_PROBLEM_
Please write out all the data exactly as shown.

Saved entries
____

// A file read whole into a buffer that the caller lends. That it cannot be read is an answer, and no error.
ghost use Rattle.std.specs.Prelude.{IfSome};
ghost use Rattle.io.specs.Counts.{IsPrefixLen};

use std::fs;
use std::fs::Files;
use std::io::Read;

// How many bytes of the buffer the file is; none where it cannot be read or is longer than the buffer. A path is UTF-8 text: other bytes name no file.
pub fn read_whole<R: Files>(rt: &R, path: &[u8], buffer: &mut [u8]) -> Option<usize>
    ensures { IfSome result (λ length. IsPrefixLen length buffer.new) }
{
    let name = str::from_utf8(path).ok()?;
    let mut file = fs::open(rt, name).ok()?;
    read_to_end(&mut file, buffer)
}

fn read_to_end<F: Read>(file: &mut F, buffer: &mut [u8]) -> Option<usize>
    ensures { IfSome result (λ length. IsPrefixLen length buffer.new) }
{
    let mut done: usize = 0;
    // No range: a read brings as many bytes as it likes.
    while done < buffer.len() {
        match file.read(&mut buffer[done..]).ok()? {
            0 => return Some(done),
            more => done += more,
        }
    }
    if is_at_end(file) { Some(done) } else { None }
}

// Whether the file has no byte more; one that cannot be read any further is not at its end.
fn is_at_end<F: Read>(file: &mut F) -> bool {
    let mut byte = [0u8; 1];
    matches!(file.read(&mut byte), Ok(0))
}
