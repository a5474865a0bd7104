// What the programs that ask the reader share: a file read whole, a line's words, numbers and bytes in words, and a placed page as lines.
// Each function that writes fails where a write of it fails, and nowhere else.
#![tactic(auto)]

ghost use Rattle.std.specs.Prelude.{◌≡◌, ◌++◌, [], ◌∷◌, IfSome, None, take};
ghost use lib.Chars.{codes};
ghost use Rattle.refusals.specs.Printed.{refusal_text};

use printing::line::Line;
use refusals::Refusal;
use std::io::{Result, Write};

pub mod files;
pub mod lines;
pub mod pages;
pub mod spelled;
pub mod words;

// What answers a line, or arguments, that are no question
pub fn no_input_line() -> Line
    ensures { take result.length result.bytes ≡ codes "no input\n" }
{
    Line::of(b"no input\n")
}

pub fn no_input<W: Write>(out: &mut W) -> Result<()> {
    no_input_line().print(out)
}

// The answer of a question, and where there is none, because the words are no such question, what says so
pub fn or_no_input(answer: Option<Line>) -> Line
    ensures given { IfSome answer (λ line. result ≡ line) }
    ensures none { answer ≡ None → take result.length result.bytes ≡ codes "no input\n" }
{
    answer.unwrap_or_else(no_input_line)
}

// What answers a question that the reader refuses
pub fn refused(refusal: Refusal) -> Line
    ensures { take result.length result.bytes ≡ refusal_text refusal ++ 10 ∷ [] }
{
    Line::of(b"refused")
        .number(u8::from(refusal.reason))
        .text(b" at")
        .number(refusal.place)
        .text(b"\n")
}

____

_REPLY TO THE TASK_
// A file read whole into a buffer that the caller lends. That it cannot be read is an answer, and no error.
ghost use Rattle.std.specs.Prelude.{IfSome};
ghost use Rattle.io.specs.Counts.{IsPrefixLen};

use std::fs;
use std::fs::Files;
use std::io::Read;

// How many bytes of the buffer the file is; none where it cannot be read or is longer than the buffer. A path is UTF-8 text: other bytes name no file.
pub fn read_whole<R: Files>(rt: &R, path: &[u8], buffer: &mut [u8]) -> Option<usize>
    ensures { IfSome result (λ length. IsPrefixLen length buffer.new) }
{
    let name = str::from_utf8(path).ok()?;
    let mut file = fs::open(rt, name).ok()?;
    read_to_end(&mut file, buffer)
}

fn read_to_end<F: Read>(file: &mut F, buffer: &mut [u8]) -> Option<usize>
    ensures { IfSome result (λ length. IsPrefixLen length buffer.new) }
{
    let mut done: usize = 0;
    // No range: a read brings as many bytes as it likes.
    while done < buffer.len() {
        match file.read(&mut buffer[done..]).ok()? {
            0 => return Some(done),
            more => done += more,
        }
    }
    if is_at_end(file) { Some(done) } else { None }
}

// Whether the file has no byte more; one that cannot be read any further is not at its end.
fn is_at_end<F: Read>(file: &mut F) -> bool {
    let mut byte = [0u8; 1];
    matches!(file.read(&mut byte), Ok(0))
}
repository a5474865a0bd7104
// What the programs that ask the reader share: a file read whole, a line's words, numbers and bytes in words, and a placed page as lines.
// Each function that writes fails where a write of it fails, and nowhere else.
#![tactic(auto)]

ghost use Rattle.std.specs.Prelude.{◌≡◌, ◌++◌, [], ◌∷◌, IfSome, None, take};
ghost use lib.Chars.{codes};
ghost use Rattle.refusals.specs.Printed.{refusal_text};

use printing::line::Line;
use refusals::Refusal;
use std::io::{Result, Write};

pub mod files;
pub mod lines;
pub mod pages;
pub mod spelled;
pub mod words;

// What answers a line, or arguments, that are no question
pub fn no_input_line() -> Line
    ensures { take result.length result.bytes ≡ codes "no input\n" }
{
    Line::of(b"no input\n")
}

pub fn no_input<W: Write>(out: &mut W) -> Result<()> {
    no_input_line().print(out)
}

// The answer of a question, and where there is none, because the words are no such question, what says so
pub fn or_no_input(answer: Option<Line>) -> Line
    ensures given { IfSome answer (λ line. result ≡ line) }
    ensures none { answer ≡ None → take result.length result.bytes ≡ codes "no input\n" }
{
    answer.unwrap_or_else(no_input_line)
}

// What answers a question that the reader refuses
pub fn refused(refusal: Refusal) -> Line
    ensures { take result.length result.bytes ≡ refusal_text refusal ++ 10 ∷ [] }
{
    Line::of(b"refused")
        .number(u8::from(refusal.reason))
        .text(b" at")
        .number(refusal.place)
        .text(b"\n")
}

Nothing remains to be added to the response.